A Year of Investing in a Better Future

By Dorval R. Carter, Jr. | 10/9/2023

Chair, APTA
President, Chicago Transit Authority

It has been an honor to serve as APTA chair during a momentous time of recovery, rebuilding and redefining the importance of public transportation. The past year gave me a once-in-a-career opportunity to share ideas, explore innovative practices and support our members across a wide range of transit systems, issues and communities.

Prior to the start of my chairmanship, APTA had adopted a comprehensive three-year business plan focused on advocating for increased funding, modernizing infrastructure, building a skilled workforce and advancing our industry’s contributions to a cleaner, safer, more equitable and mobile society.

To support that plan, I chose to emphasize public transportation’s role as an essential public good in the post-pandemic environment of 2022-2023 by adding my support to three areas:

• Broadening support for transit funding and policies.

By initiating conversations and fostering partnerships with different constituencies, APTA is becoming a valued voice on environmental, energy, security and social justice issues. Our members’ expertise is being sought out by non-transportation organizations, and we are earning seats at new tables.

One example of this effort was the U.S. Conference of Mayors’ adoption of a 2023 resolution calling for more federal, state and local funding to support public transit’s role in keeping “America’s cities and their regions mobile, vibrant, environmentally friendly, resilient and equitable.”

Diverse support for public transit means more resources to invest in a better future. On ­Chicago’s North Side, $957 million in Capital Investment Grants (CIG) are helping to fund our Red and Purple Modernization Project, or RPM.

Under RPM, we are rebuilding century-old tracks and stations in some of the densest urban neighborhoods in the nation, as well as constructing a new track bypass that reduces delays and improves reliability.

• Continuing to tell and learn from stories about how public transportation benefits everyone.

Our future success depends, in part, on effectively telling our stories. We saw how narratives about transit’s essential role during the pandemic created a new level of public support for our industry.

This year, we broadened our storytelling to include large manufacturers and small businesses, new jobs, and transit’s impact on major entertainment and sporting events—all of which strengthen communities and improve life for transit users and non-users alike.

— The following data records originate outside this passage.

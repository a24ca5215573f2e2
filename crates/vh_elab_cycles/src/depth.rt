ghost use Rattle.std.specs.Prelude.{◌≡◌, ◌≤◌, ℕ, length, map, slice_index_or, true, IfOk, IfSome, OnOk};
ghost use Rattle.vh_elab_cycles.specs.Depths;
ghost use Rattle.vh_elab_cycles.specs.Laid;
ghost use Rattle.vh_elab_cycles.specs.Views.{depths_seen, edge_seen, edges_seen};

use crate::cycles::first_on_cycle;
use crate::edge::Edge;
use crate::low::{least_node, lowered};
use crate::ranks::ranked_nodes;
use crate::rows::{node_count, row_of, rows_of};
use std::alloc::Global;
use vh_base::NoMemory;

fn depth_in(depths: &[u32], node: u32) -> u32
    ensures { result ≡ Laid.depth_in depths.now node }
{
    depths.get(node as usize).copied().unwrap_or(0)
}

// The depth of a node by a table that begins with another one.
fn depth_behind(base: u32, depths: &[u32], node: u32) -> u32
    ensures { result ≡ Laid.depth_behind base depths.now node }
{
    if node < base {
        return 0;
    }
    depth_in(depths, node - base)
}

// One more than the greatest depth of some nodes.
fn over_ends(depths: &[u32], ends: &[u32]) -> u32 {
    let mut depth = 0u32;
    for end in ends {
        depth = depth.max(depth_in(depths, *end).saturating_add(1));
    }
    depth
}

// Depths, without a look at what was found before: each node stands behind the ends of its edges.
fn supposed_depths(alloc: Global, edges: &[Edge]) -> Result<Vec<u32>, NoMemory> {
    let rows = rows_of(alloc, edges)?;
    let mut depths = vec![in alloc; 0u32; rows.len()]?;
    for node in ranked_nodes(alloc, rows.len(), edges)? {
        let depth = over_ends(&depths, row_of(&rows, node));
        if let Some(place) = depths.get_mut(node as usize) {
            *place = depth;
        }
    }
    Ok(depths)
}

// The beginning of an edge is deeper than its end.
fn deepen(depths: &[u32], edge: Edge, next: &mut Vec<u32>) -> Result<(), NoMemory>
    ensures { OnOk result (next.new.items
        ≡ Laid.deepened depths.now next.old.items (edge_seen edge)) }
{
    let Some(depth) = depth_in(depths, edge.to).checked_add(1) else {
        return Err(NoMemory);
    };
    if let Some(place) = next.get_mut(edge.from as usize) {
        *place = (*place).max(depth);
    }
    Ok(())
}

// The depths that follow from some for the ends of edges.
fn next_depths(alloc: Global, edges: &[Edge], depths: &[u32]) -> Result<Vec<u32>, NoMemory>
    ensures { IfOk result (λ next. (x : ℕ) → slice_index_or next.items x 0
        ≡ Depths.over_ends (Laid.depth_in depths.now) (edges_seen edges.now) x) }
{
    let mut next = vec![in alloc; 0u32; node_count(edges)]?;
    for edge in edges {
        deepen(depths, *edge, &mut next)?;
    }
    Ok(next)
}

fn all_within(depths: &[u32], most: usize) -> bool
    ensures { result ≡ true → (x : ℕ) → slice_index_or depths.now x 0 ≤ most }
{
    for depth in depths {
        if *depth as usize > most {
            return false;
        }
    }
    true
}

fn is_same(left: &[u32], right: &[u32]) -> bool
    ensures { result ≡ true → left.now ≡ right.now }
{
    left == right
}

// Whether depths follow from themselves: no others do.
fn are_depths(alloc: Global, edges: &[Edge], depths: &[u32]) -> Result<bool, NoMemory>
    ensures { IfOk result (λ b. b ≡ true → (x : ℕ) → slice_index_or depths.now x 0
        ≡ Depths.depth_of (length edges.now) (edges_seen edges.now) x) }
{
    let next = next_depths(alloc, edges, depths)?;
    if !is_same(&next, depths) {
        return Ok(false);
    }
    Ok(all_within(depths, edges.len()))
}

// Depths from the bottom, a walk over all edges for each edge.
fn slow_depths(alloc: Global, edges: &[Edge]) -> Result<Vec<u32>, NoMemory>
    ensures { IfOk result (λ depths. (x : ℕ) → slice_index_or depths.items x 0
        ≡ Depths.depth_of (length edges.now) (edges_seen edges.now) x) }
{
    let mut depths = Vec::new(alloc);
    for _turn in edges {
        depths = next_depths(alloc, edges, &depths)?;
    }
    Ok(depths)
}

// Depths are computed by any means, and then looked at.
fn all_depths(alloc: Global, edges: &[Edge]) -> Result<Vec<u32>, NoMemory>
    ensures { IfOk result (λ depths. (x : ℕ) → slice_index_or depths.items x 0
        ≡ Depths.depth_of (length edges.now) (edges_seen edges.now) x) }
{
    let depths = supposed_depths(alloc, edges)?;
    if are_depths(alloc, edges, &depths)? {
        return Ok(depths);
    }
    slow_depths(alloc, edges)
}

// Those of some nodes, by a table that begins with a node.
fn depths_behind(
    alloc: Global,
    base: u32,
    depths: &[u32],
    nodes: &[u32],
) -> Result<Vec<u32>, NoMemory>
    ensures { IfOk result (λ found. found.items
        ≡ map (Laid.depth_behind base depths.now) nodes.now) }
{
    let mut found = Vec::new(alloc);
    for node in nodes {
        found.push(depth_behind(base, depths, *node))?;
    }
    Ok(found)
}

/// How deep some nodes stand; none where an edge stands on a cycle. Its time is that of a few walks
/// over the edges and the numbers between the least and the highest of a node, and where there is a
/// cycle that of [`first_on_cycle`].
pub fn depths(alloc: Global, edges: &[Edge], nodes: &[u32]) -> Result<Option<Vec<u32>>, NoMemory>
    ensures depths { IfOk result (λ found. depths_seen found
        ≡ Depths.depths_of (edges_seen edges.now) nodes.now) }
    ensures within { IfOk result (λ found. IfSome found (λ v. (k : ℕ)
        → slice_index_or v.items k 0 ≤ length edges.now)) }
{
    let base = least_node(edges);
    let low = lowered(alloc, base, edges)?;
    if first_on_cycle(alloc, &low)?.is_some() {
        return Ok(None);
    }
    let depths = all_depths(alloc, &low)?;
    Ok(Some(depths_behind(alloc, base, &depths, nodes)?))
}
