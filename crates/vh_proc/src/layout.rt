ghost use Rattle.std.specs.Prelude.{◌≡◌, ◌<◌, Some, IfSome, IfOk, OnOk, true, length, slice_get};
ghost use Rattle.vh_design_code.specs.declared.code.Code.{Code};
ghost use Rattle.vh_design.specs.Validity.{body_at};
ghost use Rattle.vh_design_nodes.specs.Fits.{has_body};
ghost use Rattle.vh_proc.specs.declared.layout.Owner.TheVariants.{Process, Routine};
ghost use Rattle.vh_proc.specs.Homes.{IsOwner, is_same, Says, SaysAll, Grow, AreHomes};

use std::alloc::Global;
use std::collections::BTreeMap;
use std::marker::Model;
use vh_base::{NoMemory, ObjId, ProcId};
use vh_design::{Block, Design, Detail};

// Whose code it is: a process's, or the body of a task or function.
#[derive(Clone, Copy)]
pub(crate) enum Owner {
    Process(u64),
    Routine(u32),
}

impl Owner {
    // Are they the same?
    fn is_same(&self, other: &Owner) -> bool
        ensures { result ≡ is_same self.now other.now }
    {
        match (self, other) {
            (Owner::Process(n), Owner::Process(k)) => n == k,
            (Owner::Routine(s), Owner::Routine(r)) => s == r,
            _ => false,
        }
    }
}

// Where the blocks of an object are: in one code alone, or in several.
#[derive(Clone, Copy)]
pub(crate) enum Home {
    Only(Owner),
    Several,
}

// Those of each object that has some.
type Homes = BTreeMap<u32, Home, Global>;

/// A design that knows for each named block whose code it is in. Contracts see the design.
#[derive(Drop)]
pub struct Layout {
    design: Design,
    homes: Homes,
}

impl Model for Layout {
    ghost use Rattle.vh_design.specs.Shape.{Shape};
    ghost use Rattle.vh_proc.specs.Homes.{AreHomes};

    ghost Value = { Shape };

    ghost view = { λ l. l.design };

    ghost invariant = { λ l. AreHomes l.design l.homes.entries };
}

// Notes a block of an object in a code.
fn note(homes: &mut Homes, object: ObjId, owner: &Owner) -> Result<(), NoMemory>
    ensures noted { OnOk result (Says homes.new.entries owner.now object) }
    ensures kept { OnOk result (Grow homes.old.entries homes.new.entries) }
{
    let is_only = match homes.get(&object.number()) {
        None => true,
        Some(Home::Only(it)) => it.is_same(owner),
        Some(Home::Several) => false,
    };
    let home = if is_only {
        Home::Only(*owner)
    } else {
        Home::Several
    };
    homes.insert(object.number(), home)?;
    Ok(())
}

// Notes the blocks of a code.
fn note_blocks(homes: &mut Homes, blocks: &[Block], owner: &Owner) -> Result<(), NoMemory>
    ensures noted { OnOk result (SaysAll homes.new.entries owner.now blocks.now) }
    ensures kept { OnOk result (Grow homes.old.entries homes.new.entries) }
{
    for block in blocks {
        note(homes, block.object, owner)?;
    }
    Ok(())
}

// Notes those of all processes.
fn note_processes(homes: &mut Homes, d: &Design) -> Result<(), NoMemory>
    ensures noted { OnOk result ((n : _) (c : Code) → slice_get d.now.codes n ≡ Some c
        → SaysAll homes.new.entries (Process n) c.blocks) }
    ensures kept { OnOk result (Grow homes.old.entries homes.new.entries) }
{
    for k in 0..d.counts().processes {
        let process = u64::from(k);
        let code = d.code(ProcId::new(process));
        note_blocks(homes, code.blocks.as_slice(), &Owner::Process(process))?;
    }
    Ok(())
}

// Notes a task or function, and the blocks of its body.
fn note_routine(homes: &mut Homes, d: &Design, routine: ObjId) -> Result<(), NoMemory>
    requires { routine < length d.now.objects }
    ensures own { OnOk result (has_body d.now.objects routine ≡ true
        → Says homes.new.entries (Routine routine) routine) }
    ensures noted { OnOk result ((c : Code) → body_at d.now routine ≡ Some c
        → SaysAll homes.new.entries (Routine routine) c.blocks) }
    ensures kept { OnOk result (Grow homes.old.entries homes.new.entries) }
{
    let Detail::Routine(_) = d.object(routine).detail else {
        return Ok(());
    };
    let owner = Owner::Routine(routine.number());
    note(homes, routine, &owner)?;
    note_blocks(homes, d.body(routine).blocks.as_slice(), &owner)
}

// Notes those of all tasks and functions.
fn note_routines(homes: &mut Homes, d: &Design) -> Result<(), NoMemory>
    ensures own { OnOk result ((r : _) → has_body d.now.objects r ≡ true
        → Says homes.new.entries (Routine r) r) }
    ensures noted { OnOk result ((r : _) (c : Code) → body_at d.now r ≡ Some c
        → SaysAll homes.new.entries (Routine r) c.blocks) }
    ensures kept { OnOk result (Grow homes.old.entries homes.new.entries) }
{
    for o in 0..d.counts().objects {
        note_routine(homes, d, ObjId::new(o))?;
    }
    Ok(())
}

impl Layout {
    /// The layout of a design. It goes once over the blocks of all codes.
    pub fn new(alloc: Global, design: Design) -> Result<Layout, NoMemory>
        ensures { IfOk result (λ l. l ≡ design) }
    {
        let mut homes = BTreeMap::new(alloc);
        note_processes(&mut homes, &design)?;
        note_routines(&mut homes, &design)?;
        Ok(Layout { design, homes })
    }

    /// The design.
    pub fn design(&self) -> &Design
        ensures { result.now ≡ self.now }
    {
        &self.design
    }

    // In whose code alone the blocks of an object are.
    pub(crate) fn owner(&self, target: ObjId) -> Option<Owner>
        ensures { IfSome result (IsOwner self.now target) }
    {
        match self.homes.get(&target.number()) {
            Some(Home::Only(owner)) => Some(*owner),
            _ => None,
        }
    }
}
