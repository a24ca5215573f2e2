ghost use Rattle.std.specs.Prelude.{◌≡◌, true, false, IfOk, OnOk};
ghost use Rattle.std.specs.BTreeMap.{is_at};
ghost use Rattle.std.specs.BTreeSet.{contains};
ghost use Rattle.std.specs.List.{AllByRecursion};
ghost use Rattle.std.specs.Map.{lookup};
ghost use Rattle.std.specs.Ordering.{nat_cmp};
ghost use Rattle.vh_proc_thread.specs.Control.{Runs};
ghost use Rattle.vh_proc.specs.Families.{Forgets, IsIdle, is_in_call};

use crate::families::{Families, Family};
use std::alloc::Global;
use std::collections::{BTreeMap, BTreeSet};
use vh_base::{NoMemory, ObjId};
use vh_design::Design;
use vh_proc_turn::Process;

// The processes, by their numbers.
type All = BTreeMap<u64, Process, Global>;

// Is the process of a number in a call of a task or function?
fn is_in_call(d: &Design, all: &All, p: u64, r: u32) -> bool
    requires { AllByRecursion (λ e. Runs d.now e.1.thread) all.now.entries }
    ensures { result ≡ is_in_call d.now r (lookup (is_at (nat_cmp p)) all.now.entries) }
{
    match all.get(&p) {
        Some(process) => process.thread.is_inside(d, ObjId::new(r)),
        None => false,
    }
}

// Is one of a family?
fn is_any_in_call(d: &Design, all: &All, family: &Family, r: u32) -> bool
    requires { AllByRecursion (λ e. Runs d.now e.1.thread) all.now.entries }
    ensures { result ≡ false → (p : _) → contains nat_cmp family.now p ≡ true
        → is_in_call d.now r (lookup (is_at (nat_cmp p)) all.now.entries) ≡ false }
{
    for p in family.iter() {
        if is_in_call(d, all, *p, r) {
            return true;
        }
    }
    false
}

// Is one that comes from this process of the design?
fn is_active(d: &Design, all: &All, sets: &[Family], k: u64, r: u32) -> bool
    requires { AllByRecursion (λ e. Runs d.now e.1.thread) all.now.entries }
    ensures { result ≡ false → IsIdle d.now r sets.now all.now.entries k }
{
    match sets.get(k as usize) {
        Some(family) => is_any_in_call(d, all, family, r),
        None => false,
    }
}

// Keeps it, where one is.
fn keep_active(
    still: &mut BTreeSet<u64, Global>,
    d: &Design,
    all: &All,
    sets: &[Family],
    k: u64,
    r: u32,
) -> Result<(), NoMemory>
    requires { AllByRecursion (λ e. Runs d.now e.1.thread) all.now.entries }
    ensures kept { OnOk result ((n : _) → contains nat_cmp still.old n ≡ true
        → contains nat_cmp still.new n ≡ true) }
    ensures idle { OnOk result (contains nat_cmp still.new k ≡ false
        → IsIdle d.now r sets.now all.now.entries k) }
{
    if is_active(d, all, sets, k, r) {
        still.insert(k)?;
    }
    Ok(())
}

// Those of them of whom one is.
fn active_of(
    alloc: Global,
    d: &Design,
    all: &All,
    sets: &[Family],
    callers: &BTreeSet<u64, Global>,
    r: u32,
) -> Result<BTreeSet<u64, Global>, NoMemory>
    requires { AllByRecursion (λ e. Runs d.now e.1.thread) all.now.entries }
    ensures { IfOk result (λ still. (k : _) → contains nat_cmp callers.now k ≡ true
        → contains nat_cmp still k ≡ false → IsIdle d.now r sets.now all.now.entries k) }
{
    let mut still = BTreeSet::new(alloc);
    for k in callers.iter() {
        keep_active(&mut still, d, all, sets, *k, r)?;
    }
    Ok(still)
}

impl Families {
    // Callers of a task or function, of whom nobody is in a call of it now, are forgotten, where
    // it has several.
    pub(crate) fn forget_idle(
        &mut self,
        alloc: Global,
        d: &Design,
        all: &All,
        r: u32,
    ) -> Result<(), NoMemory>
        requires { AllByRecursion (λ e. Runs d.now e.1.thread) all.now.entries }
        ensures { OnOk result (Forgets d.now r all.now.entries self.old self.new) }
    {
        let Some(callers) = self.callers.get(&r) else {
            return Ok(());
        };
        if callers.len() < 2 {
            return Ok(());
        }
        let still = active_of(alloc, d, all, &self.sets, callers, r)?;
        self.callers.insert(r, still)?;
        Ok(())
    }
}
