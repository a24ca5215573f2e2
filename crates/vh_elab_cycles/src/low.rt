ghost use Rattle.std.specs.Prelude.{◌≡◌, IfOk};
ghost use Rattle.vh_elab_cycles.specs.Laid;
ghost use Rattle.vh_elab_cycles.specs.Views.{edges_seen};

use crate::edge::Edge;
use std::alloc::Global;
use vh_base::NoMemory;

// The least number of a node.
pub(crate) fn least_node(edges: &[Edge]) -> u32
    ensures { result ≡ Laid.least_from 4294967295 (edges_seen edges.now) }
{
    let mut least = u32::MAX;
    for edge in edges {
        least = least.min(edge.from).min(edge.to);
    }
    least
}

// The edges with numbers by so much lower: tables of their nodes are short.
pub(crate) fn lowered(alloc: Global, base: u32, edges: &[Edge]) -> Result<Vec<Edge>, NoMemory>
    requires { Laid.NotBelow base (edges_seen edges.now) }
    ensures { IfOk result (λ low. Laid.raised base (edges_seen low.items)
        ≡ edges_seen edges.now) }
{
    let mut low = Vec::new(alloc);
    for edge in edges {
        low.push(Edge {
            from: edge.from - base,
            to: edge.to - base,
        })?;
    }
    Ok(low)
}
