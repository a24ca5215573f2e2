ghost use Rattle.std.specs.Prelude.{◌≡◌, ◌<◌, length, map, nat_eq, true, IfOk};
ghost use Rattle.std.specs.List.{list_all};
ghost use Rattle.vh_elab_cycles.specs.Cycles;
ghost use Rattle.vh_elab_cycles.specs.Laid;
ghost use Rattle.vh_elab_cycles.specs.Views.{edge_seen, edges_seen, rows_seen};

use crate::edge::Edge;
use crate::ranks::{is_falling, ranks_of};
use crate::rows::rows_of;
use crate::walk::reaches;
use std::alloc::Global;
use vh_base::NoMemory;

// Whether from an edge's end a way leads back to its beginning.
fn is_on_cycle(
    alloc: Global,
    edges: &[Edge],
    rows: &[Vec<u32>],
    ranks: &[u32],
    edge: Edge,
) -> Result<bool, NoMemory>
    requires laid { Laid.IsLaid (edges_seen edges.now) (rows_seen rows.now) }
    requires ranked { list_all (Laid.may_fall ranks.now) (edges_seen edges.now) ≡ true }
    requires begins { edge.from < length rows.now }
    requires ends { edge.to < length rows.now }
    ensures { IfOk result (λ b. b
        ≡ Cycles.is_on_cycle nat_eq (edges_seen edges.now) (edge_seen edge)) }
{
    if is_falling(ranks, edge) {
        return Ok(false);
    }
    reaches(alloc, edges, rows, edge.to, edge.from)
}

/// The place of the first edge that stands on a cycle, if there is one. Its time is that of a few
/// walks over all edges, and where there is a cycle of one walk more for each edge up to there
/// from a node that leads to one.
pub fn first_on_cycle(alloc: Global, edges: &[Edge]) -> Result<Option<usize>, NoMemory>
    ensures { IfOk result (λ found. found ≡ Cycles.first_on_cycle (edges_seen edges.now)) }
{
    let rows = rows_of(alloc, edges)?;
    let ranks = ranks_of(alloc, rows.len(), edges)?;
    for (place, edge) in edges.iter().enumerate() {
        if is_on_cycle(alloc, edges, &rows, &ranks, *edge)? {
            return Ok(Some(place));
        }
    }
    Ok(None)
}

/// Which edges stand on a cycle. Its time is that of a few walks over all edges, and of one more
/// for each edge from a node that leads to a cycle.
pub fn on_cycles(alloc: Global, edges: &[Edge]) -> Result<Vec<bool>, NoMemory>
    ensures { IfOk result (λ on. on.items
        ≡ map (Cycles.is_on_cycle nat_eq (edges_seen edges.now)) (edges_seen edges.now)) }
{
    let rows = rows_of(alloc, edges)?;
    let ranks = ranks_of(alloc, rows.len(), edges)?;
    let mut on = Vec::new(alloc);
    for edge in edges {
        on.push(is_on_cycle(alloc, edges, &rows, &ranks, *edge)?)?;
    }
    Ok(on)
}
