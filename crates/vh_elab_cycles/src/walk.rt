ghost use Rattle.std.specs.Prelude.{◌≡◌, ◌<◌, length, nat_eq, replicate, [], false, IfOk, OnOk};
ghost use Rattle.vh_elab_cycles.specs.Cycles;
ghost use Rattle.vh_elab_cycles.specs.Laid;
ghost use Rattle.vh_elab_cycles.specs.Views.{edges_seen, rows_seen, walk_seen};

use crate::edge::Edge;
use crate::rows::row_of;
use std::alloc::Global;
use vh_base::NoMemory;

// Which nodes are seen, and which of them wait.
#[derive(Drop)]
pub(crate) struct Walk {
    seen: Vec<bool>,
    waiting: Vec<u32>,
}

impl Walk {
    // Of so many nodes, none of which is seen.
    fn new(alloc: Global, count: usize) -> Result<Walk, NoMemory>
        ensures { IfOk result (λ w. walk_seen w ≡ (replicate count false, [])) }
    {
        let seen = vec![in alloc; false; count]?;
        Ok(Walk {
            seen,
            waiting: Vec::new(alloc),
        })
    }

    // A node is seen; if it wasn't before, it waits.
    fn see(&mut self, node: u32) -> Result<(), NoMemory>
        ensures { OnOk result (walk_seen self.new ≡ Laid.see (walk_seen self.old) node) }
    {
        let place = node as usize;
        if place >= self.seen.len() || self.seen[place] {
            return Ok(());
        }
        self.waiting.push(node)?;
        self.seen[place] = true;
        Ok(())
    }

    fn see_all(&mut self, nodes: &[u32]) -> Result<(), NoMemory>
        ensures { OnOk result (walk_seen self.new
            ≡ Laid.see_all (walk_seen self.old) nodes.now) }
    {
        for node in nodes {
            self.see(*node)?;
        }
        Ok(())
    }
}

// Whether a way leads from a node to another one.
pub(crate) fn reaches(
    alloc: Global,
    edges: &[Edge],
    rows: &[Vec<u32>],
    from: u32,
    to: u32,
) -> Result<bool, NoMemory>
    requires laid { Laid.IsLaid (edges_seen edges.now) (rows_seen rows.now) }
    requires begins { from < length rows.now }
    requires ends { to < length rows.now }
    ensures { IfOk result (λ b. b ≡ Cycles.leads nat_eq (edges_seen edges.now) from to) }
{
    let mut walk = Walk::new(alloc, rows.len())?;
    walk.see(from)?;
    while let Some(node) = walk.waiting.pop() {
        walk.see_all(row_of(rows, node))?;
    }
    Ok(walk.seen[to as usize])
}
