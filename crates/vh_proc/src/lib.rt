//! The processes of a simulation, and what each label of one does (IEEE 1364-2005, clauses 9 and
//! 10).
//!
//! The contract that the layer above uses: contracts see [`Threads`] as `Processes`, a finite map
//! from the numbers of processes to what each has still to do and waits for. [`Threads::step`]
//! performs the next label of one, by `step_of` of `specs/Steps.antt`, which has a row for each
//! kind of label; a fault comes in its position exactly where the row says so, and want of memory is
//! the one free answer.
//!
//! It stands on `vh_proc_turn` for labels that touch no other process, on `vh_proc_thread` for where a
//! process goes on, and on `vh_sense` and `vh_queue` for what it waits for.
#![tactic(auto)]

mod disable;
mod families;
mod fork;
mod idle;
mod layout;
mod stepped;
mod threads;

pub use layout::Layout;
pub use stepped::{MadeList, Stepped};
pub use threads::Threads;
pub use vh_proc_turn::{Next, StepFault};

At a time when some Members of Congress were seeking to reduce the historic federal funding we won over the past two years, it became critical to amplify the economic benefits that our industry produces in local communities. As a result, we launched a new communications and advocacy campaign aptly named “Public Transportation Benefits Everyone.

Here’s one such story from Chicago: In three years, more than 1,900 workers have earned over $80 million in wages thanks to transit modernization and expansion projects funded by the CIG program.

• Advancing greater equity both in our industry and by our industry.

As the first African American to serve as president of the Chicago Transit Authority and a proud son of the South Side of Chicago, this issue holds special importance for me. My parents and mentors instilled in me the belief that we have a responsibility to serve all people in a way that reflects their value as human beings. APTA’s leadership on Diversity, Equity and Inclusion is based on that principle.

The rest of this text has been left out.